Collected data entries
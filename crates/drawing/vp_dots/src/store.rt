//! Bytes in room that is taken once.
ghost use Rattle.std.specs.Prelude.{◌≡◌, ℕ, ◌+◌, ◌<◌, ◌≤◌, ◌↔◌, List, [], ◌∷◌, ◌++◌, length, IfOk, IsOk, OnOk, OnErr};

use crate::room::append_reserved;
use std::alloc::{AllocError, Allocator, Global};
use std::marker::Model;
use thiserror::Error;

/// The store holds as many bytes as it can.
#[derive(Clone, Copy, Debug, PartialEq, Eq, Error)]
#[error("no room is left")]
pub struct Full;

/// At most N bytes.
#[derive(Drop)]
pub struct Store<const N: usize, A: Allocator = Global> {
    bytes: Vec<u8, A>,
}

impl<const N: usize, A: Allocator> Model for Store<N, A> {
    ghost use Rattle.std.specs.Prelude.{ℕ, List, ◌≡◌, ◌≤◌, length, vec_capacity};

    ghost Value = { List ℕ };

    ghost view = { λ s. s.bytes.items };

    ghost invariant = { λ s. record { filled : length s.bytes.items ≤ N; room : vec_capacity s.bytes ≡ N } };
}

impl<const N: usize, A: Allocator> Store<N, A> {
    /// An empty store, with room for N bytes: the only call that takes memory.
    pub fn new(alloc: A) -> Result<Self, AllocError>
        ensures { IfOk result (λ store. store ≡ []) }
    {
        Ok(Store {
            bytes: Vec::with_capacity(alloc, N)?,
        })
    }

    /// Appends a byte; `Full`, and nothing changes, where N bytes are held.
    pub fn push(&mut self, byte: u8) -> Result<(), Full>
        ensures room { IsOk result ↔ (length self.old < N) }
        ensures ok { OnOk result (self.new ≡ self.old ++ byte ∷ []) }
        ensures err { OnErr result (self.new ≡ self.old) }
    {
        if self.bytes.len() == N {
            return Err(Full);
        }
        self.bytes.push_reserved(byte);
        Ok(())
    }

    /// Appends bytes; `Full`, and nothing changes, where not all of them find room.
    pub fn append(&mut self, bytes: &[u8]) -> Result<(), Full>
        ensures room { IsOk result ↔ (length self.old + length bytes.now ≤ N) }
        ensures ok { OnOk result (self.new ≡ self.old ++ bytes.now) }
        ensures err { OnErr result (self.new ≡ self.old) }
    {
        if bytes.len() > N - self.bytes.len() {
            return Err(Full);
        }
        append_reserved(&mut self.bytes, bytes);
        Ok(())
    }

    /// The bytes.
    pub fn bytes(&self) -> &[u8]
        ensures bytes { result.now ≡ self.now }
        ensures filled { length self.now ≤ N }
    {
        &self.bytes
    }

    /// Drops all bytes.
    pub fn clear(&mut self)
        ensures { self.new ≡ [] }
    {
        self.bytes.clear();
    }

    /// The bytes of memory that it holds, on the heap.
    pub fn memory(&self) -> usize
        ensures { result ≡ N }
    {
        self.bytes.capacity()
    }
}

(Exercise aim): Output all of the data exactly as given.

(Written solution):
filename crates/drawing/vp_dots/src/store.rt
//! Bytes in room that is taken once.
ghost use Rattle.std.specs.Prelude.{◌≡◌, ℕ, ◌+◌, ◌<◌, ◌≤◌, ◌↔◌, List, [], ◌∷◌, ◌++◌, length, IfOk, IsOk, OnOk, OnErr};

use crate::room::append_reserved;
use std::alloc::{AllocError, Allocator, Global};
use std::marker::Model;
use thiserror::Error;

/// The store holds as many bytes as it can.
#[derive(Clone, Copy, Debug, PartialEq, Eq, Error)]
#[error("no room is left")]
pub struct Full;

/// At most N bytes.
#[derive(Drop)]
pub struct Store<const N: usize, A: Allocator = Global> {
    bytes: Vec<u8, A>,
}

impl<const N: usize, A: Allocator> Model for Store<N, A> {
    ghost use Rattle.std.specs.Prelude.{ℕ, List, ◌≡◌, ◌≤◌, length, vec_capacity};

    ghost Value = { List ℕ };

    ghost view = { λ s. s.bytes.items };

    ghost invariant = { λ s. record { filled : length s.bytes.items ≤ N; room : vec_capacity s.bytes ≡ N } };
}

impl<const N: usize, A: Allocator> Store<N, A> {
    /// An empty store, with room for N bytes: the only call that takes memory.
    pub fn new(alloc: A) -> Result<Self, AllocError>
        ensures { IfOk result (λ store. store ≡ []) }
    {
        Ok(Store {
            bytes: Vec::with_capacity(alloc, N)?,
        })
    }

    /// Appends a byte; `Full`, and nothing changes, where N bytes are held.
    pub fn push(&mut self, byte: u8) -> Result<(), Full>
        ensures room { IsOk result ↔ (length self.old < N) }
        ensures ok { OnOk result (self.new ≡ self.old ++ byte ∷ []) }
        ensures err { OnErr result (self.new ≡ self.old) }
    {
        if self.bytes.len() == N {
            return Err(Full);
        }
        self.bytes.push_reserved(byte);
        Ok(())
    }

    /// Appends bytes; `Full`, and nothing changes, where not all of them find room.
    pub fn append(&mut self, bytes: &[u8]) -> Result<(), Full>
        ensures room { IsOk result ↔ (length self.old + length bytes.now ≤ N) }
        ensures ok { OnOk result (self.new ≡ self.old ++ bytes.now) }
        ensures err { OnErr result (self.new ≡ self.old) }
    {
        if bytes.len() > N - self.bytes.len() {
            return Err(Full);
        }
        append_reserved(&mut self.bytes, bytes);
        Ok(())
    }

    /// The bytes.
    pub fn bytes(&self) -> &[u8]
        ensures bytes { result.now ≡ self.now }
        ensures filled { length self.now ≤ N }
    {
        &self.bytes
    }

    /// Drops all bytes.
    pub fn clear(&mut self)
        ensures { self.new ≡ [] }
    {
        self.bytes.clear();
    }

    /// The bytes of memory that it holds, on the heap.
    pub fn memory(&self) -> usize
        ensures { result ≡ N }
    {
        self.bytes.capacity()
    }
}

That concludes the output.